**Task objective**
Within the entries below, find each line containing the word "unechoed" and copy it.

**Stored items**
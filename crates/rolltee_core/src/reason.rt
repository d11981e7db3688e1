//! What is said of a fault beyond its own line.
use crate::losses::TeeLosses;
use crate::tee::Fault;
use crate::title::title;
use appender_names::error::NameFault;
use program_io::options::{OptionName, Options};
use std::alloc::{AllocError, Global};
use std::io;
use tracing_appender::rolling::InitError;

/// Returns a line that says what is meant by the line of a fault, or an empty text if that says it.
pub fn reason(
    alloc: Global,
    fault: &Fault,
    arguments: &[String],
    options: &Options,
) -> Result<String, AllocError> {
    let [rotation, directory, prefix] = arguments else {
        let given = arguments.len();
        return format!(in alloc;
            "rolltee: three words are wanted, ROTATION DIR PREFIX, and not {given}\n"
        );
    };
    if directory.is_empty() {
        return String::from_str(alloc, "rolltee: DIR is empty\n");
    }
    match fault {
        Fault::Usage => format!(in alloc;
            "rolltee: '{rotation}' is no rotation: take minutely, hourly, daily, weekly or never\n"
        ),
        Fault::Open(InitError::Name(fault)) => name_reason(alloc, fault, prefix.as_str(), options),
        _ => {
            let about = title(alloc, directory.as_str(), prefix.as_str())?;
            log_reason(alloc, fault, about.as_str())
        }
    }
}

// Returns the line for a name that is not allowed.
fn name_reason(
    alloc: Global,
    fault: &NameFault,
    prefix: &str,
    options: &Options,
) -> Result<String, AllocError> {
    match fault {
        NameFault::Prefix => refused(alloc, "PREFIX", prefix),
        NameFault::Suffix => refused(alloc, "--suffix", options.text(OptionName::Suffix)),
        NameFault::Link => refused(alloc, "--link", options.text(OptionName::Link)),
        NameFault::Clash => format!(in alloc;
            "rolltee: --link '{}' has the name of a log file\n",
            options.text(OptionName::Link)
        ),
    }
}

// Returns the line for a fault of the log with this title.
fn log_reason(alloc: Global, fault: &Fault, about: &str) -> Result<String, AllocError> {
    match fault {
        Fault::Open(_) | Fault::Thread | Fault::Pending => {
            let words = words_of(alloc, fault)?;
            format!(in alloc; "{about}{words}\n")
        }
        Fault::Read(error) => format!(in alloc; "{about}{error}\n"),
        Fault::Write(losses) if *losses != TeeLosses::NONE => format!(in alloc;
            "{about}{losses}\n"
        ),
        _ => Ok(String::new(alloc)),
    }
}

// Returns what is said of a log that was not opened, or not flushed in time.
fn words_of(alloc: Global, fault: &Fault) -> Result<&'static str, AllocError> {
    match fault {
        Fault::Pending => Ok("the last flush takes more than a second"),
        Fault::Open(InitError::File(fault)) if is_linked_twice(alloc, fault)? => {
            Ok("a second hard link, as of a snapshot: remove or copy it")
        }
        _ => Ok("no log was opened"),
    }
}

// Returns the line for a word that makes no file name.
fn refused(alloc: Global, option: &str, word: &str) -> Result<String, AllocError> {
    let why = if word.contains('/') {
        "has a '/'"
    } else {
        "makes no file name"
    };
    format!(in alloc; "rolltee: {option} '{word}' {why}\n")
}

// Returns whether a file was refused since it has a second hard link.
fn is_linked_twice(alloc: Global, fault: &io::Error) -> Result<bool, AllocError> {
    let words = format!(in alloc; "{fault}")?;
    Ok(words.ends_with("second hard link"))
}
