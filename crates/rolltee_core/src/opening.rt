//! Openings of a log in a folder of the file system.
ghost use Rattle.std.specs.Prelude.{false, IfOk};
ghost use Rattle.appender_rolling.specs.Appender.{OpensNow};
ghost use Rattle.rolltee_core.specs.Log.{OpensLog};

use appender_names::error::NameFault;
use appender_names::names::is_entry_name;
use std::alloc::Global;
use std::io::{Error, ErrorKind};
use std::rt::Files;
use std::{fs, io, time};
use tracing_appender::folder::{DirFolder, FilesHost};
use tracing_appender::rolling::{Builder, Clock, InitError, RollingFile, SystemClock};
use tracing_appender::store::Folder;

// The most bytes of an entry's name (Linux: `NAME_MAX`), and the error of a longer one (POSIX: `ENAMETOOLONG`).
const MOST_BYTES: usize = 255;

const ENAMETOOLONG: i32 = 36;

/// Makes the folder of a log, so that programs that begin one log at once find it. `link` is the name of its link, or empty.
/// Before that `InitError::Name` if the names are not allowed, and `InitError::File` if those of files are too long.
pub fn prepare_dir<R: Files + AllocGlobal>(
    rt: &R,
    settings: &Builder,
    directory: &str,
    link: &str,
) -> Result<(), InitError> {
    let directory = if directory.is_empty() { "." } else { directory };
    if !link.is_empty() && !is_entry_name(link) {
        return Err(InitError::Name(NameFault::Link));
    }
    // All names of a log are of one length.
    let name = settings.names(rt.alloc())?.file_name(0)?;
    if name.len() > MOST_BYTES {
        return Err(InitError::File(Error::from_raw_os_error(ENAMETOOLONG)));
    }
    match fs::create_dir_all(rt, directory) {
        Ok(()) => Ok(()),
        Err(fault) if fault.kind() == ErrorKind::OutOfMemory => Err(InitError::Memory),
        Err(fault) => Err(InitError::Directory(fault)),
    }
}

/// Prepares this folder, and opens a log in it by the system's clock. If the last file is to be continued and can't be opened,
/// since it has a second hard link or is another user's, the next one is begun.
pub fn open_dir<R: FilesHost + time::Clock>(
    rt: &R,
    settings: &Builder,
    directory: &str,
    link: &str,
    folder: DirFolder<R>,
) -> Result<RollingFile<DirFolder<R>, SystemClock<R>>, InitError>
    ensures { IfOk result (OpensLog ⟦<DirFolder<R> as Folder>⟧ ⟦<SystemClock<R> as Clock>⟧ settings.now folder) }
{
    prepare_dir(rt, settings, directory, link)?;
    let clock = SystemClock::new(rt.clone()?);
    open_log(rt.alloc(), settings, folder, clock)
}

// Opens the log with the file that is next if its last one is refused for more than want of memory or an interruption.
fn open_log<S: Folder, C: Clock>(
    alloc: Global,
    settings: &Builder,
    folder: S,
    clock: C,
) -> Result<RollingFile<S, C>, InitError>
    ensures { IfOk result (OpensLog S.Folder C.Clock settings.now folder) }
{
    match settings.open_in(alloc, folder, clock) {
        Ok(log) => Ok(log),
        Err((InitError::File(fault), folder, clock)) => match fault.kind() {
            ErrorKind::OutOfMemory | ErrorKind::Interrupted => Err(InitError::File(fault)),
            _ => open_next(alloc, settings, folder, clock),
        },
        Err((error, _, _)) => Err(error),
    }
}

fn open_next<S: Folder, C: Clock>(
    alloc: Global,
    settings: &Builder,
    folder: S,
    clock: C,
) -> Result<RollingFile<S, C>, InitError>
    ensures { IfOk result (OpensNow S.Folder C.Clock (record settings.now { continues = false }) folder clock) }
{
    let next = settings.clone()?.continue_last_file(false);
    match next.open_in(alloc, folder, clock) {
        Ok(log) => Ok(log),
        Err((error, _, _)) => Err(error),
    }
}

/// Returns why a log was not opened, as the fault of a write.
pub fn cause_of(error: &InitError) -> io::Error {
    match error {
        InitError::Memory => Error::from(ErrorKind::OutOfMemory),
        _ => error
            .source()
            .unwrap_or(Error::other("log not opened again")),
    }
}
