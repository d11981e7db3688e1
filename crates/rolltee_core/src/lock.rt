//! The lock of a log whose files a process may remove.
use crate::tee::Fault;
use std::fs::{File, TryLockError};
use std::io::{Error, ErrorKind};
use std::{fs, io};
use tracing_appender::rolling::InitError;

/// Locks the log of this folder and prefix, until the file that is returned is closed: by `.PREFIX.lock` there, which may be
/// another user's. `Fault::Locked` if another process has the lock; `InitError::Memory`.
/// If there can be no lock, as where that name is not a plain file's, standard error says so after `title`, and the result is
/// `None`.
pub fn lock_log(
    rt: &HostRuntime,
    directory: &str,
    prefix: &str,
    title: &str,
) -> Result<Option<File>, Fault> {
    let path = format!(in rt.alloc(); "{directory}/.{prefix}.lock").map_err(InitError::from)?;
    let fault = match open_lock(rt, path.as_str()) {
        Ok(file) => match file.try_lock() {
            Ok(()) => return Ok(Some(file)),
            Err(TryLockError::WouldBlock) => return Err(Fault::Locked),
            Err(TryLockError::Error(fault)) => fault,
        },
        Err(fault) => fault,
    };
    match fault.kind() {
        ErrorKind::OutOfMemory => return Err(Fault::Open(InitError::Memory)),
        ErrorKind::NotFound => {}
        _ => {
            let _ = eprintln!(rt; "{title}.{prefix}.lock can't be locked: {fault}");
        }
    }
    Ok(None)
}

// Opens the file of the lock. One that may only be read is enough for that. A FIFO would wait for a writer.
fn open_lock(rt: &HostRuntime, path: &str) -> io::Result<File> {
    if let Ok(found) = fs::symlink_metadata(rt, path) {
        if !found.is_file() {
            return Err(Error::new(ErrorKind::Other, "no plain file"));
        }
    }
    match File::options().write(true).create(true).open(rt, path) {
        Err(fault) if is_refused(&fault) => File::open(rt, path),
        opened => opened,
    }
}

// Returns whether a file may not be written to.
fn is_refused(fault: &Error) -> bool {
    fault.kind() == ErrorKind::PermissionDenied || fault.kind() == ErrorKind::ReadOnlyFilesystem
}
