//! What a run lost.
ghost use Rattle.std.specs.Prelude.{◌≡◌, map, Some};
ghost use Rattle.rolltee_core.specs.Losses.{losses_counts, losses_text};

use std::fmt;
use std::fmt::{Display, Formatter};

/// How much of what was read a run did not write.
#[derive(Clone, Copy, PartialEq, Eq, Debug)]
pub struct TeeLosses {
    /// The number of lines that the log did not take whole.
    pub unwritten: u64,
    /// The number of lines that found no room in a lossy queue.
    pub dropped: u64,
    /// The number of lines that were not written whole to the output.
    pub unechoed: u64,
    /// The number of log files that were removed, renamed, replaced or truncated while they were written to.
    pub gone: u64,
    /// The number of syncs of log files that failed.
    pub unsynced: u64,
}

impl TeeLosses {
    /// No losses.
    pub const NONE: TeeLosses = TeeLosses {
        unwritten: 0,
        dropped: 0,
        unechoed: 0,
        gone: 0,
        unsynced: 0,
    };

    // The counts with their words, in the order in which they are reported.
    fn counts(&self) -> [(&'static str, u64); 5]
        ensures { map (λ count. (count.0.now, count.1)) result ≡ losses_counts self.now }
    {
        [
            ("lines not written whole", self.unwritten),
            ("lines dropped", self.dropped),
            ("lines not echoed", self.unechoed),
            ("log files not found again", self.gone),
            ("syncs that failed", self.unsynced),
        ]
    }
}

/// Each count that isn't 0 after its words, separated by `; `.
impl Display for TeeLosses {
    ghost output = { λ losses. Some (losses_text losses) };

    fn fmt<W: fmt::Write>(&self, f: &mut Formatter<W>) -> fmt::Result {
        let mut separator = "";
        for (words, count) in self.counts() {
            if count > 0 {
                write!(f, "{separator}{words}: {count}")?;
                separator = "; ";
            }
        }
        Ok(())
    }
}
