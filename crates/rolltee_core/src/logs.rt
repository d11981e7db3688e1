//! The log of a run, and its opening in the file system, with the options that are asked for.
ghost use Rattle.std.specs.Prelude.{◌≡◌, [], ℕ, List, IfOk, string_bytes};
ghost use Rattle.std.specs.Io.{WritesAtMost};
ghost use Rattle.rolltee_core.specs.Log.{config_of, taken_of, undotted};
ghost use Rattle.rolltee_core.specs.Losses.{HasLostNothing};
ghost use Rattle.appender_names.specs.declared.rotation.Rotation.{Rotation};
ghost use Rattle.program_io.specs.declared.options.Options.{Options};

use crate::check::DirCheck;
use crate::file_log::{FileLog, Opens};
use crate::lock::lock_log;
use crate::losses::TeeLosses;
use crate::opening::{open_dir, prepare_dir};
use crate::tee::Fault;
use crate::title::title;
use program_io::options::{OptionName, Options};
use std::alloc::Global;
use std::fs::{File, OpenFile};
use std::os::unix::fs::MetadataExt;
use std::{fs, io};
use tracing_appender::folder::{DirFolder, FilesHost};
use tracing_appender::rolling::{Builder, InitError, RollingFile, Rotation, SystemClock};

/// A log of lines. Where a contract is proved for any log, only a call can meet a clause on `opens`, `takes` or `is_kept`. So such a
/// clause says that the call was made. A log that was closed takes no more.
pub trait TeeLog {
    /// Whether the log was opened with this rotation, this folder, this beginning of the names and these options.
    ghost opens: { Rotation → List ℕ → List ℕ → Options → Self → Type 0 };

    /// Whether one call took exactly these bytes, between these two states.
    ghost takes: { Self → List ℕ → Self → Type 0 };

    /// Whether a log was closed, and nothing that was written to it is known to be lost.
    ghost is_kept: { Self → Type 0 };

    /// Writes the first of some bytes, and returns how many. After an error none of them was written.
    fn put(&mut self, bytes: &[u8]) -> io::Result<usize>
        ensures bound { WritesAtMost result bytes.now }
        ensures taken { takes self.old (taken_of result bytes.now) self.new };

    /// Flushes what was written.
    fn flush_all(&mut self) -> io::Result<()>
        ensures { takes self.old [] self.new };

    /// Abandons the line whose write failed. The next write begins a line.
    fn give_up(&mut self)
        ensures { takes self.old [] self.new };

    /// Closes the log. Returns how many files were not found again, and how many flushes failed, the last call before this among them
    /// if it was no flush that succeeded.
    fn close(self) -> TeeLosses
        ensures { HasLostNothing result → is_kept self };
}

/// A log that takes everything.
impl TeeLog for io::Sink {
    ghost opens = { λ _ _ _ _ _. Unit {0} };

    ghost takes = { λ _ _ _. Unit {0} };

    ghost is_kept = { λ _. Unit {0} };

    fn put(&mut self, bytes: &[u8]) -> io::Result<usize> {
        Ok(bytes.len())
    }

    fn flush_all(&mut self) -> io::Result<()> {
        Ok(())
    }

    fn give_up(&mut self) {}

    fn close(self) -> TeeLosses {
        TeeLosses::NONE
    }
}

/// Opens a log: one of the file system, or a test's own.
pub trait Logs: Drop {
    /// A log.
    type Log: TeeLog + Send + Drop + 'static;

    /// Opens a log of this rotation in this folder. The names of its files begin with `prefix`. `Fault::Open`, `Fault::Locked` if
    /// another process may remove its files, or `Fault::Input` if the standard input is read from its open file.
    fn open_log(
        self,
        rotation: Rotation,
        directory: &str,
        prefix: &str,
        options: &Options,
    ) -> Result<Self::Log, Fault>
        ensures { IfOk result (λ log. Self.Log.opens rotation directory.now prefix.now options.now log) };
}

impl Logs for HostRuntime {
    type Log = DirLog<HostRuntime>;

    fn open_log(
        self,
        rotation: Rotation,
        directory: &str,
        prefix: &str,
        options: &Options,
    ) -> Result<DirLog<HostRuntime>, Fault> {
        let log = asked_log(self, rotation, directory, prefix, options)?;
        if is_input(&self, log.open_file()) {
            return Err(Fault::Input);
        }
        Ok(log)
    }
}

// Opens the log that is asked for.
fn asked_log(
    rt: HostRuntime,
    rotation: Rotation,
    directory: &str,
    prefix: &str,
    options: &Options,
) -> Result<DirLog<HostRuntime>, Fault>
    ensures { IfOk result (λ log. ⟦<DirLog<HostRuntime> as TeeLog>⟧.opens rotation directory.now prefix.now options.now log) }
{
    let settings = settings(rt.alloc(), rotation, prefix, options)?;
    let (opener, check) = prepared(rt, settings, directory, prefix, options)?;
    let log = FileLog::new(opener, check, options.has(OptionName::WholeLines))?;
    Ok(log)
}

// Returns what opens the log and what looks at its file, once the folder is locked if that is to be.
fn prepared(
    rt: HostRuntime,
    settings: Builder,
    directory: &str,
    prefix: &str,
    options: &Options,
) -> Result<(DirOpener<HostRuntime>, DirCheck<HostRuntime>), Fault>
    ensures { IfOk result (λ made. (made.0.settings ≡ settings) × (string_bytes made.0.directory ≡ directory.now)) }
{
    let title = title(rt.alloc(), directory, prefix).map_err(InitError::from)?;
    let title = title.as_str();
    let lock = locked(&rt, &settings, directory, prefix, title, options)?;
    let check = DirCheck::new(rt, &settings, directory, title, options)?;
    let opener = DirOpener::new(rt, settings, directory, title, options, lock)?;
    Ok((opener, check))
}

// Locks the log if it may remove files.
fn locked(
    rt: &HostRuntime,
    settings: &Builder,
    directory: &str,
    prefix: &str,
    title: &str,
    options: &Options,
) -> Result<Option<File>, Fault> {
    if !options.has(OptionName::Keep) {
        return Ok(None);
    }
    prepare_dir(rt, settings, directory, options.text(OptionName::Link))?;
    lock_log(rt, directory, prefix, title)
}

// Returns whether the standard input is read from this file. If that can't be seen, it isn't.
fn is_input(rt: &HostRuntime, file: &File) -> bool {
    match (fs::metadata(rt, "/dev/stdin"), file.metadata()) {
        (Ok(input), Ok(opened)) => input.dev() == opened.dev() && input.ino() == opened.ino(),
        _ => false,
    }
}

/// Opens a log in a folder of the file system, by the system's clock.
#[derive(Drop)]
pub struct DirOpener<R> {
    rt: R,
    settings: Builder,
    directory: String,
    // What each notice begins with.
    title: String,
    // The name of the link, if it is not empty.
    link: String,
    // Whether each flush syncs.
    syncs: bool,
    // Is closed with the log.
    _lock: Option<File>,
}

impl<R: AllocGlobal + Drop> DirOpener<R> {
    /// Returns the opener of a log with these settings and options. The lock is kept with it. `InitError::Memory` if memory is
    /// refused.
    pub fn new(
        rt: R,
        settings: Builder,
        directory: &str,
        title: &str,
        options: &Options,
        lock: Option<File>,
    ) -> Result<DirOpener<R>, InitError>
        ensures { IfOk result (λ opener. (opener.settings ≡ settings) × (string_bytes opener.directory ≡ directory.now)) }
    {
        let alloc = rt.alloc();
        let link = String::from_str(alloc, options.text(OptionName::Link))?;
        Ok(DirOpener {
            rt,
            settings,
            directory: String::from_str(alloc, directory)?,
            title: String::from_str(alloc, title)?,
            link,
            syncs: options.has(OptionName::Sync),
            _lock: lock,
        })
    }
}

impl<R: FilesHost + std::time::Clock> Opens<DirFolder<R>, SystemClock<R>> for DirOpener<R> {
    ghost use Rattle.std.specs.Prelude.{◌≡◌, string_bytes};
    ghost use Rattle.tracing_appender.specs.Calls.{base_path};

    ghost config = { λ opener. opener.settings };

    ghost directory = { λ opener. string_bytes opener.directory };

    ghost is_at = { λ directory folder. folder.path ≡ base_path directory };

    fn open(&self) -> Result<RollingFile<DirFolder<R>, SystemClock<R>>, InitError> {
        let directory = self.directory.as_str();
        let folder = DirFolder::new(self.rt.clone()?, directory)?.titled(self.title.as_str())?;
        let folder = if self.syncs { folder.synced() } else { folder };
        open_dir(
            &self.rt,
            &self.settings,
            directory,
            self.link.as_str(),
            folder,
        )
    }
}

// Returns the settings of the log.
fn settings(
    alloc: Global,
    rotation: Rotation,
    prefix: &str,
    options: &Options,
) -> Result<Builder, InitError>
    ensures { IfOk result (λ builder. builder ≡ config_of rotation prefix.now options.now) }
{
    let named = Builder::new()
        .rotation(rotation)
        .filename_prefix(alloc, prefix)?
        .filename_suffix(alloc, without_dot(options.text(OptionName::Suffix)))?;
    let linked = named.latest_symlink(alloc, options.text(OptionName::Link))?;
    Ok(
        linked
            .optional_symlink(true)
            .max_log_files(options.number(OptionName::Keep) as usize)
            .log_files_by_name(true)
            .max_file_bytes(options.number(OptionName::MaxBytes))
            .continue_last_file(true),
    )
}

// Returns a suffix without a dot at its beginning: names have one before the suffix.
fn without_dot(suffix: &str) -> &str
    ensures { result.now ≡ undotted suffix.now }
{
    match suffix.strip_prefix('.') {
        Some(rest) => rest,
        None => suffix,
    }
}

/// A log in the file system.
pub type DirLog<R> = FileLog<DirFolder<R>, SystemClock<R>, DirCheck<R>, DirOpener<R>>;
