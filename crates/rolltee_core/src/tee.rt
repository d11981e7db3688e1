//! Lines from an input to a rolling log, through a non-blocking writer or directly.
ghost use Rattle.std.specs.Prelude.{◌≡◌, ◌≢◌, ◌≤◌, ◌<◌, ◌++◌, ℕ, Bool, List, [], length, Some, Ok, Err, IfOk, IfErr, IfSome, OnOk, string_bytes};
ghost use Rattle.std.specs.List.{concat};
ghost use Rattle.std.specs.Io.Buffered.{reader_remaining};
ghost use Rattle.std.specs.Io.KnownBytes.{Keeps};
ghost use Rattle.std.specs.IoError.{error_kind};
ghost use Rattle.program_io.specs.Options.{AreDefaults};
ghost use Rattle.program_io.specs.declared.options.Options.{Options};
ghost use Rattle.rolltee_core.specs.Feed.{FeedsLines};
ghost use Rattle.rolltee_core.specs.Losses.{HasLostNothing};
ghost use Rattle.rolltee_core.specs.Taken.{FeedsAsAsked, IsCopied, WasOpened, LogsText, TookText};
ghost use Rattle.rolltee_core.specs.Inside.Runs.{EndsRun, TakesInput};
ghost use Rattle.rolltee_core.specs.Fault.{tee_status, tee_fault_unless_memory, tee_fault_words, HasNoFolder, NamesNoRotation, is_titled_fault, ExplainsTeeFault, ReportsLine, ReportsTeeFault};
ghost use Rattle.appender_non_blocking.specs.Work.{RunsLines};
ghost use Rattle.appender_names.specs.RotationText.{IsNoRotation, rotation_word};
ghost use Rattle.appender_names.specs.declared.rotation.Rotation.{Rotation};

use crate::feed::{Feed, FeedSink, SenderQueue};
pub use crate::logs::{Logs, TeeLog};
use crate::losses::TeeLosses;
use crate::reason::reason;
use crate::title::{Titled, title};
use crate::waiting::{Asked, LogPlace, OpenedLog};
use crate::writers::{DirectWriter, TeeWriter};
use program_io::blocking::{BlockingInput, Ready};
use program_io::options::{OptionError, OptionFault, OptionName, Options};
use program_io::report::report;
use program_io::{ArgumentFault, CopyFault, Split, copy_pieces};
use std::alloc::{AllocError, Global};
use std::io;
use std::io::{BufRead, BufReader, ErrorKind, Read, Write};
use std::marker::{Brand, Model, PhantomData};
use std::sync::Wait;
use std::time::{Clock, Duration};
use thiserror::Error;
use tracing_appender::non_blocking::{
    Host, LineSender, NonBlockingBuilder, Ran, RecordedWork, Written,
};
use tracing_appender::rolling::{InitError, Rotation};
use tracing_appender::worker::LineCounts;

/// The greatest number of queued lines, if no option sets it.
const LIMIT: usize = 1024;

// The most bytes that a read takes without a queue. What was read and not written yet is lost by a kill.
const BLOCK: usize = 1024;

// How long the last flush of the log may take.
const END_MILLIS: u64 = 1000;

/// Why not all lines were written.
#[derive(Debug, Drop, Error)]
pub enum Fault {
    /// There weren't three arguments, or the first was no rotation, or the second was empty.
    #[error("usage: rolltee ROTATION DIR PREFIX")]
    Usage,
    /// This word begins with a dash and is no option.
    #[error("{0}: unknown option\nusage: rolltee ROTATION DIR PREFIX")]
    Unknown(String),
    /// This option was given twice, or its value is missing or wrong, or the rotation does not allow it.
    #[error("{0}: {1}")]
    Option(&'static str, OptionError),
    /// This argument is not UTF-8. It has U+FFFD in place of what is not.
    #[error("{0}: not UTF-8")]
    Argument(String),
    /// No log was opened.
    #[error("{0}")]
    Open(InitError),
    /// Another process may remove files of the log.
    #[error("another rolltee --keep writes this log")]
    Locked,
    /// The thread that writes was not made.
    #[error("no thread")]
    Thread,
    /// The input is the open file of the log, which would grow without end.
    #[error("input is the log")]
    Input,
    /// The input was not read.
    #[error("read failed")]
    Read(io::Error),
    /// A line was not taken whole, by the queue or by the log, or a sync failed. What was lost is known of a log.
    #[error("write failed")]
    Write(TeeLosses),
    /// Lines or log files were lost.
    #[error("{0}")]
    Lost(TeeLosses),
    /// The log was still being flushed a second after its last line.
    #[error("shutdown pending")]
    Pending,
    /// Memory was refused, but not by the opening of the log.
    #[error("no memory")]
    Memory,
}

impl Fault {
    // Returns the status that the program ends with.
    fn status(&self) -> u8
        ensures { result ≡ tee_status self.now }
    {
        match self {
            Fault::Usage | Fault::Unknown(_) | Fault::Option(_, _) | Fault::Argument(_) => 2,
            Fault::Memory => 3,
            _ => 1,
        }
    }

    // Returns whether its line begins with the title of the log. The others are known to programs that call this one.
    fn is_titled(&self) -> bool
        ensures { result ≡ is_titled_fault self.now }
    {
        match self {
            Fault::Unknown(_) | Fault::Option(_, _) | Fault::Argument(_) => true,
            Fault::Locked | Fault::Input | Fault::Lost(_) => true,
            _ => false,
        }
    }

    // Returns what is reported of it, on a line, if that is the same for all faults of its kind; else nothing.
    fn words(&self) -> &'static [u8]
        ensures { IfSome (tee_fault_words self.now) (λ words. result.now ≡ words) }
    {
        match self {
            Fault::Usage => b"usage: rolltee ROTATION DIR PREFIX\n",
            Fault::Locked => b"another rolltee --keep writes this log\n",
            Fault::Thread => b"no thread\n",
            Fault::Input => b"input is the log\n",
            Fault::Read(_) => b"read failed\n",
            Fault::Write(_) => b"write failed\n",
            Fault::Pending => b"shutdown pending\n",
            Fault::Memory => b"no memory\n",
            _ => b"",
        }
    }

    /// Returns this fault, or `Memory` if its cause is of the kind `OutOfMemory`.
    pub fn unless_memory(self, kind: ErrorKind) -> Fault
        ensures { result ≡ tee_fault_unless_memory kind self }
    {
        match kind {
            ErrorKind::OutOfMemory => Fault::Memory,
            _ => self,
        }
    }
}

impl From<AllocError> for Fault {
    fn from(_error: AllocError) -> Fault {
        Fault::Memory
    }
}

/// A fault of opening the log.
impl From<InitError> for Fault {
    ghost use Rattle.rolltee_core.specs.declared.tee.Fault.TheVariants.{Open};

    ghost from_gives = { λ error fault. fault ≡ Open error };

    fn from(error: InitError) -> Fault {
        Fault::Open(error)
    }
}

/// A fault of the words of a command line.
impl From<OptionFault> for Fault {
    ghost use Rattle.rolltee_core.specs.Fault.{tee_options_fault};

    ghost from_gives = { λ fault reported. reported ≡ tee_options_fault fault };

    fn from(fault: OptionFault) -> Fault {
        match fault {
            OptionFault::Unknown(word) => Fault::Unknown(word),
            OptionFault::Wrong(option, error) => Fault::Option(option, error),
            OptionFault::Memory => Fault::Memory,
        }
    }
}

/// A fault of the arguments.
impl From<ArgumentFault> for Fault {
    ghost use Rattle.rolltee_core.specs.Fault.{tee_arguments_fault};

    ghost from_gives = { λ fault reported. reported ≡ tee_arguments_fault fault };

    fn from(fault: ArgumentFault) -> Fault {
        match fault {
            ArgumentFault::NotText(word) => Fault::Argument(word),
            ArgumentFault::Memory => Fault::Memory,
        }
    }
}

/// A fault of reading.
impl From<io::Error> for Fault {
    ghost use Rattle.rolltee_core.specs.declared.tee.Fault.TheVariants.{Read};

    ghost from_gives = { λ error fault. fault ≡ tee_fault_unless_memory (error_kind error) (Read error) };

    fn from(error: io::Error) -> Fault {
        Fault::Read(error).unless_memory(error.kind())
    }
}

/// A fault of copying. A line that was cut was not taken.
impl From<CopyFault> for Fault {
    ghost use Rattle.rolltee_core.specs.Fault.{copying_fault};

    ghost from_gives = { λ error fault. fault ≡ copying_fault error };

    fn from(fault: CopyFault) -> Fault {
        match fault {
            CopyFault::Read(error) => Fault::Read(error).unless_memory(error.kind()),
            CopyFault::Write(error) => { Fault::Write(TeeLosses::NONE).unless_memory(error.kind()) }
            CopyFault::Cut => Fault::Write(TeeLosses::NONE),
        }
    }
}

**Result of the task**
    pub unechoed: u64,
        unechoed: 0,
            ("lines not echoed", self.unechoed),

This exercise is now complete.